(Collected data)
>>>>>
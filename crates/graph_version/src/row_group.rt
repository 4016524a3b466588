//! Groups of pages.

ghost use Rattle.std.specs.Prelude.{◌≡◌, ◌<◌, ◌*◌, [], IfOk, OnOk, length, replicate, slice_index_or, slice_set};
ghost use Rattle.graph_version.specs.RowPages.{in_pages, ArePages};
ghost use Rattle.graph_version.specs.Ages.{AreYoung};

use crate::row::Row;
use crate::row_page::Page;
use std::alloc::{AllocError, Global};
use std::marker::Model;
use std::sync::Arc;

/// How many rows stand in one page.
const PAGE: usize = 64;

/// The rows of 1,024 sources that follow one another, in pages that versions share.
pub(crate) struct Group {
    pages: [Arc<Page>; 16],
}

// By hand, so that who lets one go need not take it apart.
impl Drop for Group {
    fn drop(self) {
        let Group { pages: _pages } = self;
    }
}

impl Model for Group {
    ghost use Rattle.std.specs.Prelude.{◌≡◌, List, length};
    ghost use Rattle.edge_block.specs.Slots.{BlockView};
    ghost use Rattle.graph_version.specs.RowPages.{in_pages, ArePages};

    ghost Value = { List (List BlockView) };

    ghost view = { λ group. in_pages group.pages };

    ghost invariant = { λ group. ArePages group.pages × (length group.pages ≡ 16) };
}

impl Clone for Group {
    ghost is_clone = { λ group copy. copy ≡ group };

    fn clone(&self) -> Result<Group, AllocError> {
        Ok(Group {
            pages: self.pages.clone()?,
        })
    }
}

impl Group {
    /// So many empty rows, in one page that stands sixteen times.
    pub(crate) fn blank(alloc: Global) -> Result<Group, AllocError>
        ensures { IfOk result (λ group. group ≡ replicate 1024 []) }
    {
        let page = Arc::new(alloc, Page::blank(alloc)?)?;
        Ok(Group {
            pages: [&page; 16].try_map(Arc::try_clone)?,
        })
    }

    /// The row at a place.
    pub(crate) fn row(&self, place: usize) -> &Row
        requires { place < 1024 }
        ensures { result.now ≡ slice_index_or self.now place [] }
    {
        self.pages[place / PAGE].row(place % PAGE)
    }

    /// How many rows from a place on have no edge from before a time, as `Part::young_from`.
    pub(crate) fn young_from(&self, place: usize, time: u64) -> usize
        requires { place < 1024 }
        ensures { AreYoung time self.now place result }
    {
        self.pages[place / PAGE].young_from(place % PAGE, time)
    }

    /// Writes a row at a place, into copies of its page and part where other versions have them.
    pub(crate) fn put(&mut self, place: usize, row: Row) -> Result<(), AllocError>
        requires { place < 1024 }
        ensures rows { OnOk result (self.new ≡ slice_set self.old place row) }
        ensures length { length self.new ≡ 1024 }
    {
        put_in_page(&mut self.pages, place, row)
    }
}

/// Writes a row into its page, into a copy of the page where other versions have it.
fn put_in_page(pages: &mut [Arc<Page>], place: usize, row: Row) -> Result<(), AllocError>
    requires pages { ArePages pages.old }
    requires place { place < length pages.old * 64 }
    ensures rows { OnOk result (in_pages pages.new ≡ slice_set (in_pages pages.old) place row) }
    ensures pages { ArePages pages.new }
{
    Arc::make_mut(&mut pages[place / PAGE])?.put(place % PAGE, row)
}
<<<<<
_PROBLEM TO WORK ON:_ Transcribe the data in full, matching every line exactly.

_RESPONSE TO THIS EXERCISE:_
filename crates/graph_version/src/row_group.rt
repository 4016524a3b466588
//! Groups of pages.

ghost use Rattle.std.specs.Prelude.{◌≡◌, ◌<◌, ◌*◌, [], IfOk, OnOk, length, replicate, slice_index_or, slice_set};
ghost use Rattle.graph_version.specs.RowPages.{in_pages, ArePages};
ghost use Rattle.graph_version.specs.Ages.{AreYoung};

use crate::row::Row;
use crate::row_page::Page;
use std::alloc::{AllocError, Global};
use std::marker::Model;
use std::sync::Arc;

/// How many rows stand in one page.
const PAGE: usize = 64;

/// The rows of 1,024 sources that follow one another, in pages that versions share.
pub(crate) struct Group {
    pages: [Arc<Page>; 16],
}

// By hand, so that who lets one go need not take it apart.
impl Drop for Group {
    fn drop(self) {
        let Group { pages: _pages } = self;
    }
}

impl Model for Group {
    ghost use Rattle.std.specs.Prelude.{◌≡◌, List, length};
    ghost use Rattle.edge_block.specs.Slots.{BlockView};
    ghost use Rattle.graph_version.specs.RowPages.{in_pages, ArePages};

    ghost Value = { List (List BlockView) };

    ghost view = { λ group. in_pages group.pages };

    ghost invariant = { λ group. ArePages group.pages × (length group.pages ≡ 16) };
}

impl Clone for Group {
    ghost is_clone = { λ group copy. copy ≡ group };

    fn clone(&self) -> Result<Group, AllocError> {
        Ok(Group {
            pages: self.pages.clone()?,
        })
    }
}

impl Group {
    /// So many empty rows, in one page that stands sixteen times.
    pub(crate) fn blank(alloc: Global) -> Result<Group, AllocError>
        ensures { IfOk result (λ group. group ≡ replicate 1024 []) }
    {
        let page = Arc::new(alloc, Page::blank(alloc)?)?;
        Ok(Group {
            pages: [&page; 16].try_map(Arc::try_clone)?,
        })
    }

    /// The row at a place.
    pub(crate) fn row(&self, place: usize) -> &Row
        requires { place < 1024 }
        ensures { result.now ≡ slice_index_or self.now place [] }
    {
        self.pages[place / PAGE].row(place % PAGE)
    }

    /// How many rows from a place on have no edge from before a time, as `Part::young_from`.
    pub(crate) fn young_from(&self, place: usize, time: u64) -> usize
        requires { place < 1024 }
        ensures { AreYoung time self.now place result }
    {
        self.pages[place / PAGE].young_from(place % PAGE, time)
    }

    /// Writes a row at a place, into copies of its page and part where other versions have them.
    pub(crate) fn put(&mut self, place: usize, row: Row) -> Result<(), AllocError>
        requires { place < 1024 }
        ensures rows { OnOk result (self.new ≡ slice_set self.old place row) }
        ensures length { length self.new ≡ 1024 }
    {
        put_in_page(&mut self.pages, place, row)
    }
}

/// Writes a row into its page, into a copy of the page where other versions have it.
fn put_in_page(pages: &mut [Arc<Page>], place: usize, row: Row) -> Result<(), AllocError>
    requires pages { ArePages pages.old }
    requires place { place < length pages.old * 64 }
    ensures rows { OnOk result (in_pages pages.new ≡ slice_set (in_pages pages.old) place row) }
    ensures pages { ArePages pages.new }
{
    Arc::make_mut(&mut pages[place / PAGE])?.put(place % PAGE, row)
}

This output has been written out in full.